Auslöser für die jüngste Neubewertung sind die Zahlen zum zweiten Quartal 2026. Auf den ersten Blick wirken die Umsätze solide, doch bei Erträgen und Margen enttäuscht Tilray deutlich.

Wesentliche Kennzahlen:

  • Ergebnis je Aktie (EPS): -0,41 US-Dollar, deutlich schwächer als die erwarteten -0,14 US-Dollar
  • Umsatz: 218 Millionen US-Dollar, ein Plus von 3 % im Jahresvergleich
  • Bruttomarge: 26,4 %, nach 29 % im Vorjahr
  • Nettoergebnis: Quartalsverlust von 43,5 Millionen US-Dollar

Damit wächst der Abstand zwischen moderatem Umsatzwachstum und anhaltender Verlustsituation. Die sinkende Bruttomarge deutet zudem auf steigenden Kostendruck oder Preisschwäche hin.

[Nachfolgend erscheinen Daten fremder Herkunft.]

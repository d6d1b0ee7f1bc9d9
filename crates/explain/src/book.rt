// A book in memory: of each page what holds and what will hold after a close, and how many writes wait.
//
// Its pages stand in an array of the most that it can have, and not in a `Vec`: so no book is ever missed for
// want of memory, and whether one explains what happened has no third answer.
ghost use Rattle.std.specs.Prelude.{◌≡◌, ◌<◌, ◌≤◌, take, MatchOption};

use journal::admit::admit;
use layout::places::Layout;
use octets::{BLOCK, Block, EMPTY};
use wire::answer::{Answer, Refusal};
use wire::call;
use wire::call::Call;
use world::history::{Asked, Told};

// A page of a book.
#[derive(Clone, Copy, PartialEq, Eq, Debug)]
pub struct Page {
    // What holds.
    pub holds: Block,
    // What will hold after a close.
    pub coming: Block,
}

impl Page {
    pub const EMPTY: Page = Page {
        holds: EMPTY,
        coming: EMPTY,
    };
}

#[derive(Clone, Copy)]
pub struct Book {
    count: u32,
    pages: [Page; Book::MOST as usize],
    waiting: u32,
    ghost few: { count ≤ 16 },
}

impl Book {
    // The most pages that a book has.
    pub const MOST: u32 = 16;

    // A new book of so many pages, all of them empty; None where there are more than it can have.
    pub fn new(count: u32) -> Option<Book>
        ensures { MatchOption result (16 < count) (λ b. (b.count ≡ count) × (b.waiting ≡ 0)) }
    {
        if count > Self::MOST {
            return None;
        }
        Some(Book {
            count,
            pages: [Page::EMPTY; Self::MOST as usize],
            waiting: 0,
        })
    }

    // Its pages, in their order.
    pub fn pages(&self) -> &[Page]
        ensures { result.now ≡ take self.now.count self.now.pages }
    {
        &self.pages[0..self.count as usize]
    }

    // How many writes wait.
    pub fn waiting(&self) -> u32
        ensures { result ≡ self.now.waiting }
    {
        self.waiting
    }

    // The call that bytes are, or why the book refuses it.
    fn admitted<'a>(&self, bytes: &'a [u8]) -> Result<Call<'a>, Refusal> {
        let call = admit(self.count, call::decode(bytes)?)?;
        if self.waiting >= Layout::ROOM && matches!(call, Call::Write { .. }) {
            return Err(Refusal::LogFull);
        }
        Ok(call)
    }

    // What a page holds, as an answer.
    fn holds(&self, page: u32) -> Told {
        match self.pages().get(page as usize) {
            Some(page) => Answer::Page(page.holds),
            None => Answer::Refused(Refusal::NoSuchPage),
        }
    }

    // What the book answers to a call.
    fn answer(&self, asked: &Asked) -> Told {
        match self.admitted(asked.as_slice()) {
            Ok(Call::Read { page }) => self.holds(page),
            Ok(Call::Write { .. } | Call::Close) => Answer::Done,
            Ok(Call::Size) => Answer::Number(self.count),
            Err(refusal) => Answer::Refused(refusal),
        }
    }

    // Whether the answer to a call is the book's.
    pub fn answers(&self, asked: &Asked, told: &Told) -> bool {
        match (self.answer(asked), told) {
            (Answer::Page(page), Answer::Page(other)) => octets::same(&page, other),
            (answer, told) => answer == *told,
        }
    }

    // A page as it is to hold after a close; nothing changes where there is no such page, or no room.
    fn write(&mut self, page: u32, bytes: &[u8])
        ensures { self.new.count ≡ self.old.count }
    {
        if page >= self.count || bytes.len() != BLOCK || self.waiting >= Layout::ROOM {
            return;
        }
        let pages = &mut self.pages;
        pages[page as usize].coming.copy_from_slice(bytes);
        self.waiting += 1;
    }

    // What was written holds.
    fn close(&mut self)
        ensures { self.new.count ≡ self.old.count }
    {
        for page in &mut self.pages {
            page.holds = page.coming;
        }
        self.waiting = 0;
    }

    // The call is taken; nothing changes if it is refused.
    pub fn take(&mut self, asked: &Asked)
        ensures { self.new.count ≡ self.old.count }
    {
        match self.admitted(asked.as_slice()) {
            Ok(Call::Write { page, bytes }) => self.write(page, bytes),
            Ok(Call::Close) => self.close(),
            Ok(Call::Read { .. } | Call::Size) | Err(_) => {}
        }
    }

    // Power went: what waited is lost.
    pub fn lose_waiting(&mut self)
        ensures pages { self.new.count ≡ self.old.count }
        ensures none { self.new.waiting ≡ 0 }
    {
        for page in &mut self.pages {
            page.coming = page.holds;
        }
        self.waiting = 0;
    }
}
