// The search for a book.
//
// Each answer that was told has to be the book's. Of a call that power cut all happened or nothing: there the
// book has a choice, and all choices are tried. Only a close leaves something to choose, since whatever else
// a call changes goes with power.
ghost use Rattle.std.specs.Prelude.{◌≡◌, ◌≤◌, ◌^◌, length, IfSome};

use crate::book::Book;
use wire::call;
use wire::call::Call;
use world::history::{Asked, Event};
use world::world::World;

// What is known of a world from the outside: how many pages there are, and what happened, the first first.
#[derive(Clone, Copy)]
pub struct History<'a> {
    pub pages: u32,
    pub past: &'a [Event],
}

// What happened is not what the book says.
#[derive(Clone, Copy)]
struct Unexplained;

// Whether the bytes are a close.
fn is_close(asked: &Asked) -> bool {
    matches!(call::decode(asked.as_slice()), Ok(Call::Close))
}

// Whether what happened leaves a choice to the book.
fn is_choice(event: &Event) -> bool {
    match event {
        Event::Cut(asked) => is_close(asked),
        Event::Answered(_, _) | Event::Power => false,
    }
}

// The book after what happened; late: a call that power cut happened.
fn go_on(book: &mut Book, event: &Event, late: bool) -> Result<(), Unexplained>
    ensures { book.new.count ≡ book.old.count }
{
    match event {
        Event::Answered(asked, told) => {
            if !book.answers(asked, told) {
                return Err(Unexplained);
            }
            book.take(asked);
        }
        Event::Cut(asked) => {
            if late {
                book.take(asked);
            }
            book.lose_waiting();
        }
        Event::Power => book.lose_waiting(),
    }
    Ok(())
}

impl<'a> History<'a> {
    // What happened in a world.
    pub fn of(world: &'a World) -> History<'a>
        ensures { result.past.now ≡ world.now.past.items }
    {
        History {
            pages: world.pages(),
            past: world.past(),
        }
    }

    // How many choices there are.
    pub fn choices(&self) -> usize
        ensures { result ≤ length self.now.past.now }
    {
        self.past.iter().filter(|event| is_choice(event)).count()
    }

    // In how many ways the choices can be made; of more than sixteen, the later ones always fall the same way.
    pub fn ways(&self) -> u64
        ensures some { 1 ≤ result }
        ensures bound { result ≤ 2 ^ 16 }
    {
        1 << self.choices().min(16)
    }

    // The book that explains what happened by these choices: the lowest bit is the first choice, and says
    // that the close happened.
    pub fn book(&self, choices: u64) -> Option<Book>
        ensures { IfSome result (λ book. book.count ≡ self.now.pages) }
    {
        let mut book = Book::new(self.pages)?;
        let mut left = choices;
        for event in self.past {
            go_on(&mut book, event, left % 2 == 1).ok()?;
            if is_choice(event) {
                left /= 2;
            }
        }
        Some(book)
    }
}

Für institutionelle Investoren rückt damit weniger das Wachstum, sondern die fehlende Profitabilität in den Vordergrund.

Schwacher Trend und Bewertung

Charttechnisch befindet sich die Aktie in einem klaren Abwärtstrend. In den vergangenen 30 Tagen büßte der Titel 21,6 % an Wert ein, auf Jahressicht liegt das Minus bei 25,2 %. Der Druck auf die Notierung ist damit nicht nur ein kurzfristiges Phänomen.

Auf der Bewertungsseite ergibt sich ein gemischtes Bild:
Der Kurs-Umsatz-Faktor (Price-to-Sales) von 1,22 liegt unter dem Branchendurchschnitt. Gleichzeitig macht das negative Kurs-Gewinn-Verhältnis (Price-to-Earnings) deutlich, dass Tilray weiterhin keine Gewinne erwirtschaftet. Das begrenzt aktuell den Spielraum für eine Neubewertung nach oben, selbst wenn die Aktie im Umsatzvergleich eher niedrig bewertet wirkt.

Ausblick: Fokus auf Profitabilität und Support

Der Markt reagiert derzeit vor allem auf das verfehlte Ergebnis und die schwächeren Margen, weniger auf mögliche langfristige Wachstumsszenarien. Solange der Mittelabfluss anhält und die Profitabilität nicht sichtbar verbessert wird, bleiben Kursziele wie das von Roth Capital ein wichtiger Referenzpunkt.

Kurzfristig steht die Marke um 8,67 US-Dollar im Fokus, an der die Aktie zuletzt nach unten getestet wurde. Hält diese Zone, könnte sich die Abwärtsdynamik vorerst abschwächen; ein Bruch würde den etablierten Abwärtstrend bestätigen und weiteren Druck auf die Bewertung ausüben.